In November 1992, I purchased two $100 Series
EE savings bonds with a combined $200 face value.
The bonds state that interest ceases 30 years
from the date of purchase.
My daughter is now 18 years old
and getting ready to start college this spring.
Can she cash in the bonds or should she wait?
I know it's not a lot, but it can help her toward
buying schoolbooks. Can it be cashed at any bank
and do all banks pay the same? Any help would
be greatly appreciated.
-- Sam Savings
A bank is acting as the agent of the federal government and the savings bonds are worth the same regardless of which bank she picks to redeem them. She can cash her savings bonds at many local financial institutions, but the Treasury doesn't maintain a listing of banks in an area that redeem bonds.
As of Nov. 1, 2007, the combined value of the two $100 bonds was $228.96. She can use the
"Savings Bond Calculator" on the TreasuryDirect Web
site to update this value each month. Her savings bonds, purchased in November 1992, currently earn 4 percent interest.
Timing the redemption can keep her from losing interest income. From the
TreasuryDirect Web site:
Bonds issued May 2005 and after
Series EE Bonds issued May 2005 and after increase in value every month. The bonds’ interest rate is fixed and compounded semiannually.
Bonds issued May 1997 and after (through April 2005)
Series EE Bonds issued May 1997 and later increase in value every month. The bonds' interest rate is compounded semiannually.
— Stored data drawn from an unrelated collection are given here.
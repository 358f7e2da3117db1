// The walk by dipoles for one point, from the root down.
ghost use Rattle.std.specs.Prelude.{◌≡◌, ◌+◌, ◌-◌, ◌*◌, ◌≤◌, length};
ghost use Rattle.std.specs.Float.{binary32};
ghost use Rattle.shapes.specs.Values as Shapes;
ghost use Rattle.spec_tables.specs.Tables as Tables;
ghost use Rattle.spec_lists.specs.Reading as Reading;
ghost use Rattle.spec_tree.specs.Order as Order;
ghost use Rattle.spec_dipoles.specs.Far as Far;
ghost use Rattle.spec_dipoles.specs.Fast as Fast;
ghost use Rattle.spec_dipoles.specs.Calls as Calls;
ghost use Rattle.spec_dipoles.specs.Stored as Stored;

use crate::dipole::dipole_at;
use crate::far::term_or_nan;
use angles::arc_tangent::ArcTable;
use angles::solid_angle::solid_angle_by;
use floats::is_finite;
use lists::drawing::Drawing;
use lists::reading::triangle_at;
use shapes::vec3::Vec3;
use std::f32::consts::PI;
use tree::nodes::{Node, node_at};

// What is asked: a point, and the accuracy scale.
#[derive(Clone, Copy)]
pub struct Probe {
    pub point: Vec3,
    pub accuracy: f32,
}

// The exact winding number of the triangles of a slice of the order list, by the lent table of arc tangents.
fn slice_winding(table: &ArcTable, triangles: &[f32], slice: &[u32], q: Vec3) -> f32
    requires { Order.EntriesBelow (Reading.triangle_count triangles.now) slice.now }
    ensures { result ≡ Fast.slice_winding binary32 (Reading.triangle_at triangles.now) slice.now (Shapes.as_point q) }
{
    let mut sum: f32 = 0.0;
    for t in slice {
        sum += solid_angle_by(table, triangle_at(triangles, *t as usize), q);
    }
    sum / (4.0 * PI)
}

// The exact winding number of the triangles of a leaf.
fn leaf_winding(
    table: &ArcTable,
    drawing: &Drawing,
    first: usize,
    last: usize,
    probe: &Probe,
) -> f32
    requires numbered { Order.EntriesBelow (Reading.triangle_count drawing.now.triangles.now) drawing.now.order.now }
    requires within { (first ≤ last) × (last ≤ length drawing.now.order.now) }
    ensures { result ≡ Fast.slice_winding binary32 (Reading.triangle_at drawing.now.triangles.now)
        (Tables.slice drawing.now.order.now first (last - first)) (Shapes.as_point probe.now.point) }
{
    slice_winding(
        table,
        drawing.triangles,
        &drawing.order[first..last],
        probe.point,
    )
}

// The node's far term, or a NaN where the probe is not far from it.
fn term_at(sums: &[f32], node: usize, probe: &Probe) -> f32
    requires { 16 * node + 16 ≤ length sums.now }
    ensures { result
        ≡ Far.term_or_nan binary32 (Calls.dipole_at sums.now node) probe.now.accuracy (Shapes.as_point probe.now.point) }
{
    term_or_nan(dipole_at(sums, node), probe.accuracy, probe.point)
}

// The winding number of what hangs at the node. `levels` levels may be looked at.
pub fn walk(
    table: &ArcTable,
    drawing: &Drawing,
    sums: &[f32],
    probe: &Probe,
    levels: usize,
    node: usize,
) -> f32
    requires { Stored.NodeIn drawing.now.triangles.now drawing.now.order.now drawing.now.links.now sums.now node }
    ensures { result
        ≡ Fast.fast_at binary32 (Reading.triangle_at drawing.now.triangles.now) drawing.now.order.now
        drawing.now.links.now (Calls.dipole_at sums.now) probe.now.accuracy (Shapes.as_point probe.now.point) levels node }
{
    if levels == 0 {
        return 0.0;
    }
    let term = term_at(sums, node, probe);
    if is_finite(term) {
        return term;
    }
    match node_at(drawing.links, node) {
        Node::Leaf { first, last } => leaf_winding(table, drawing, first, last, probe),
        Node::Branch { left, right } => {
            let from_left = walk(table, drawing, sums, probe, levels - 1, left);
            let from_right = walk(table, drawing, sums, probe, levels - 1, right);
            from_left + from_right
        }
    }
}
The rate announced each May and November for these bonds is applied to a bond for the six-month earning period.
Bonds Issued before May 1997
For most bonds issued earlier than May 1, 1997, interest is added every six months.
If you know the month and year when your bond was issued, the tables below will help you determine
when your bonds increase in value.
Series EE Bond Semiannual Interest Accrual Dates
The following bonds increase in value as shown below:
- Series EE Bonds issued before March 1993.
- Series EE Bonds issued May 1995 through April 1997.
- Series EE Bonds issued from March 1993
through April 1995.
|Value increase schedule
|If month of issue is:
||Values increase on 1st day of:
*Please Note: EE Bonds issued March 1993 through April 1995 increased in value monthly the first five years and semiannually after that, unless monthly increases are needed to make sure the bonds earn at least 4%.
It's a good idea to cash
a bond in a month in which interest is added
to its value. For example, a bond with an issue
date of February 1990 increases in value every
Aug. 1 and Feb. 1. If you cash this bond in
July, you'll get the same amount as if you had
cashed it the prior February; but if you wait
until Aug. 1 to cash the bond, you'll get another
six months of interest.
When your daughter redeems her paper savings bonds, the financial institution paying the bonds will report the interest earned to both your daughter and the IRS. You will receive an IRS Form 1099-INT from the financial institution, either at the time she redeems her bonds or shortly after the end of the year in which she redeemed the bonds.
If the bonds were issued in your name with your daughter as beneficiary, you may be able to redeem the bonds to pay for qualified college expenses and not owe federal income tax on the interest earnings. A qualified education expense does not include room and board or books.
The TreasuryDirect Web page on "Education Planning" explains the program in detail.